DNA分子重组模型中的缠绕方程组

Tangle Equations of the Recombination DNA Molecule

本文研究了下列缠绕方程组解的性质:N(S)=K_0,N(S+M)=K_1,N(S+M+M)=K_2,N(S+M+M+M)=K_3.通过控制变量的方法,将某个K_i(i=0,1,2,3)的向量表示中的元素换成变量,研究变量在满足何条件时,该缠绕方程组系统有唯一解,从而找出其他K_i满足该缠绕方程组系统并使该缠绕方程组只有一个解.此时这个缠绕方程组系统得到了很好的应用,相当于通过对一个DNA分子在酶作用下拓扑结构改变的研究,得到了另外一个DNA分子或多个DNA分子在酶促反应下进行n次连续的特异性位点重组时拓扑结构的变化,这样可以避免逐个研究,大大减少了工作量.

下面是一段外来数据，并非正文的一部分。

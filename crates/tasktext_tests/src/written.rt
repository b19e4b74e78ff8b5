// Texts written for the tests, and what is expected of reading them.
use std::alloc::Global;
use std::process::Abort;
use std::test::Fail;
use tasktext::text::read_task;
use textfault::fault::{LoadFault, ReadFault};

// The lines of a small task: three facts, action 0 leads from 0 to 1, action 1 from 1 to 2, each deleting what it needs.
pub const HEAD: &[u8] = b"01030002\n";

pub const FIRST: &[u8] = b"02010101000100\n";

pub const SECOND: &[u8] = b"02010101010201\n";

pub const GOAL: &[u8] = b"030102\n";

pub const START: &[u8] = b"040100\n";

pub const END: &[u8] = b"05\n";

pub fn lines() -> [&'static [u8]; 6] {
    [HEAD, FIRST, SECOND, GOAL, START, END]
}

pub fn add(text: &mut Vec<u8>, part: &[u8]) -> Result<(), Fail> {
    Ok(text.extend_from_slice(part)?)
}

// The digits of a byte.
pub fn add_byte(text: &mut Vec<u8>, byte: u8) -> Result<(), Fail> {
    let digits = b"0123456789abcdef";
    text.push(digits[(byte / 16) as usize])?;
    text.push(digits[(byte % 16) as usize])?;
    Ok(())
}

// The same character over and over, then an end.
pub fn run_of(heap: Global, character: u8, count: usize, end: &[u8]) -> Result<Vec<u8>, Fail> {
    let mut text = vec![in heap; character; count]?;
    add(&mut text, end)?;
    Ok(text)
}

// A fault as it is told.
#[derive(Clone, Copy, Debug, PartialEq, Eq)]
pub struct Told {
    number: u8,
    line: u16,
    place: u16,
}

impl Told {
    pub fn of(number: u8, line: u16, place: u16) -> Told {
        Told {
            number,
            line,
            place,
        }
    }
}

impl From<LoadFault> for Told {
    fn from(fault: LoadFault) -> Told {
        Told::of(fault.number(), fault.place().line, fault.place().at)
    }
}

// Reading the text gives this fault.
pub fn gives(rt: &impl Abort, heap: Global, text: &[u8], fault: Told) -> Result<(), Fail> {
    match read_task(heap, text) {
        Ok(_) => Err(Fail::new("a damaged text was accepted")),
        Err(ReadFault::Memory) => Err(Fail::new("no memory")),
        Err(ReadFault::Text(given)) => {
            assert_eq!(rt; Told::from(given), fault);
            Ok(())
        }
    }
}

// A damaged line, or a text's end, and the fault that it gives in that line.
#[derive(Clone, Copy)]
pub struct Damage<'a> {
    damaged: &'a [u8],
    fault: Told,
}

pub fn at(line: u16, damaged: &[u8], number: u8, place: u16) -> Damage<'_> {
    Damage {
        damaged,
        fault: Told::of(number, line, place),
    }
}

impl Damage<'_> {
    // The small task's text up to the line, then what is damaged.
    fn begun(&self, heap: Global) -> Result<Vec<u8>, Fail> {
        let mut text = Vec::new(heap);
        for line in lines()
            .iter()
            .take((self.fault.line as usize).saturating_sub(1))
        {
            add(&mut text, line)?;
        }
        add(&mut text, self.damaged)?;
        Ok(text)
    }

    // It gives its fault where the lines after it are kept.
    pub fn instead(&self, rt: &impl Abort, heap: Global) -> Result<(), Fail> {
        let mut text = self.begun(heap)?;
        for line in lines().iter().skip(self.fault.line as usize) {
            add(&mut text, line)?;
        }
        gives(rt, heap, &text, self.fault)
    }

    // It gives its fault where the text ends with it.
    pub fn cut(&self, rt: &impl Abort, heap: Global) -> Result<(), Fail> {
        gives(rt, heap, &self.begun(heap)?, self.fault)
    }
}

In this paper, deal with properties of solutions of tangle equations as follows:N(S) = K_0, N(S + M) = K_1, N(S + M + M) = K_2 N(S+ M + M + M) = K_3.We present a method of variable control, which change element of vector representative of some K_i(i = 0,1,2,3). And we research what variable meet so that tangle equations have a unique solution. We seek out anther Ki that is satisfied with the condition of tangle equations and make tangle equations have the only solution. This tangle equations system is put into use well. Analogously, we will get the change of topological structure of anther DNA molecule or some DNA molecules by studying original circular DNA molecule's variation in the process of enzymatic reaction when processive site-specific recombination(n iterations) happen. So we can reduce the amount of work time by avoiding research one by one.